Last time I noticed this "disconnect" was when I looked into running
TextSecure on my desktop. Sadly it seems that there isn't really any good way
of doing that (yet). I'd imagine that these days you could whip something up
with LXC and Android-x86, but it would obviously need some effort to make it
really smooth experience.

------
Zigurd
CyanogenMod is now much more relevant to open source computing than Ubuntu,
and the popular consumer-oriented face of Linux.

But I'm not sure that either the developers of CyanogenMod or the business-
minded people have a firm idea of what CyanogenMod should be or can be.

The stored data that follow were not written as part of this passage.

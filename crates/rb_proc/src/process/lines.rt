//! The held lines of a process, and the released ones that wait.

ghost use Rattle.std.specs.Prelude.{◌≡◌, ◌+◌, ◌<◌, ◌≤◌, false, true, [], length, drop, slice_get, option_copied};
ghost use Rattle.std.specs.Borrow.{sem};
ghost use Rattle.std.specs.Io.BufRead.{Rests};
ghost use Rattle.rb_base.specs.declared.limits.TheConstants.{MOST_HELD_BYTES};
ghost use Rattle.rb_world.specs.Turn.{freed, lines_freed};
ghost use Rattle.rb_world.specs.World.{Running};
ghost use Rattle.rb_code.specs.Instructions.Plain.{Code as Plain};
ghost use Rattle.rb_proc.specs.Process.{kind_of};

use super::Proc;
use crate::answers::ProcessStatus;
use rb_base::Steps;
use std::sync::ledger::Ledger;

impl<L: Ledger> Proc<L> {
    ghost use Rattle.rb_proc.specs.contracts.process.Proc.{the_row};

    /// Its held lines are released if no level is open. Where one is, or no line is held, nothing is touched.
    #[inline(always)]
    pub fn release_if_free(&mut self, steps: &mut Steps<L>)
        requires none_waits { self.old.waiting ≡ [] }
        ensures freed { (c : Plain)
            → self.new ≡ record {
              process = freed (kind_of c) self.old.process;
              waiting =
                  lines_freed (kind_of c) self.old.process.state self.old.process.levels;
            } }
        ensures ticks { steps.new ≤ steps.old + 2 }
        ensures quiet { self.old.process.state.held ≡ [] → steps.new ≡ steps.old }
        ensures within { 0 < length self.old.process.levels → steps.new ≡ steps.old }
    {
        self.memory.release_if_free(steps);
    }

    /// Whether a release would tell lines: some are held, and no level is open.
    #[inline(always)]
    pub fn may_release(&self) -> bool
        ensures { (c : Plain) → result ≡ false → lines_freed (kind_of c) self.now.process.state self.now.process.levels ≡ [] }
    {
        self.memory.may_release()
    }

    /// Whether it goes on, and no held line of it is to be released: then a release changes nothing.
    #[inline(always)]
    pub fn is_quiet(&self) -> bool
        ensures running { result ≡ true → self.now.process.status ≡ Running }
        ensures same { (c : Plain)
            → result ≡ true
            → record {
              process = freed (kind_of c) self.now.process;
              waiting =
                  lines_freed (kind_of c) self.now.process.state self.now.process.levels;
            }
            ≡ record self.now { waiting = [] } }
    {
        match self.status {
            ProcessStatus::Running => !self.memory.may_release(),
            ProcessStatus::Finished | ProcessStatus::Failed(_) => false,
        }
    }

    /// Lends the first released line that waits, which no longer does then; `None` exactly where none waits.
    pub fn released(&mut self) -> Option<&[u8]>
        ensures lent { option_copied result ≡ slice_get self.old.waiting 0 }
        ensures* after { sem 𝓛 (Rests (the_row L.row L.Ledger) self.entry (λ new. new ≡ record self.old { waiting = drop 1 self.old.waiting })) }
    {
        self.memory.released()
    }

    /// Forgets the released lines that wait, and answers how many they were.
    pub fn drop_released(&mut self) -> u32
        ensures count { result ≡ length self.old.waiting }
        ensures few { result ≤ MOST_HELD_BYTES }
        ensures none { self.new ≡ record self.old { waiting = [] } }
    {
        self.memory.drop_released()
    }
}
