//! A process as it is looked at beside turns: the turns of its entries, its held lines, and all that it can recover.

ghost use Rattle.std.specs.Prelude.{◌≡◌, ◌<◌, ◌≤◌, length, slice_get, option_copied};
ghost use Rattle.rb_base.specs.declared.limits.TheConstants.{MOST_HELD_BYTES};
ghost use Rattle.rb_world.specs.World.{last_of};
ghost use Rattle.rb_recoverable.specs.Views.{IsEntryOf};
ghost use Rattle.rb_proc.specs.Memories.{IsMemoryOf};

use super::Proc;
use rb_recoverable::recoverable::Recoverable;
use std::sync::ledger::Ledger;

impl<L: Ledger> Proc<L> {
    /// The turn in which an open level was entered; levels count from 0, the outermost.
    pub fn entered(&self, k: u32) -> u32
        requires { k < length self.now.process.levels }
        ensures { IsEntryOf (slice_get self.now.process.levels k) result }
    {
        self.memory.entered(k)
    }

    /// Its words, its calls, its held lines and its levels.
    pub fn memory(&self) -> &Recoverable<L>
        ensures { IsMemoryOf self.now.process result.now }
    {
        &self.memory
    }

    /// How many lines are held.
    pub fn held_lines(&self) -> u32
        ensures count { result ≡ length self.now.process.state.held }
        ensures few { result ≤ MOST_HELD_BYTES }
    {
        self.memory.held_lines()
    }

    /// The line that is held last, if one is.
    pub fn last_held(&self) -> Option<&[u8]>
        ensures { option_copied result ≡ last_of self.now.process.state.held }
    {
        self.memory.last_held()
    }
}
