//! Laws of the code of accepted trees. These functions have no body, and each promises a law.

ghost use Rattle.rb_prepare.specs.SoundCode.{CodeOfAcceptedTreesIsSound, CodeOfAcceptedTreesIsWellFormed, MainBodiesAreReached};

/// The lists of code that stands for an accepted tree, and the conversations of the tree, are well formed.
pub fn code_of_accepted_trees_is_well_formed()
    ensures { CodeOfAcceptedTreesIsWellFormed }
{}

/// Such code is sound.
pub fn code_of_accepted_trees_is_sound()
    ensures { CodeOfAcceptedTreesIsSound }
{}

/// Each address of a main body of such code is reached.
pub fn main_bodies_are_reached()
    ensures { MainBodiesAreReached }
{}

They have the advantage that, unlike Ubuntu, they are born with a good shot at
doing a remunerative business in integrations for OEMs. The question is, is
there a business in doing alternative ecosystem integrations, and are any of
those alternative ecosystems free and open.

------
atoponce
I just recently discovered this setup. I've been running Cyanogenmod for a few
years, but was always under the impression I needed Google to use my phone,
such as making calls. After my most recent install, I decided to go with
F-Droid rather than with Google Play, and realized I could live entirely
Google-free with zero effort.

Apps in F-Droid have been lacking, and there are some FOSS apps in Google Play
that are not in F-Droid, which is unfortunate. However, I have had a pleasant
experience living Google- and proprietary-free on my Android phone. Really,
the only thing I miss is Maps.

------
dotnick
_> ... CyanogenMod is free; it is mostly a build of the Android Open Source
Project (AOSP) release with a bunch of added goodies. Google's proprietary
user-space apps and utilities are available, but they must be downloaded and
installed separately. _

Interesting. Isn't this against any Google terms?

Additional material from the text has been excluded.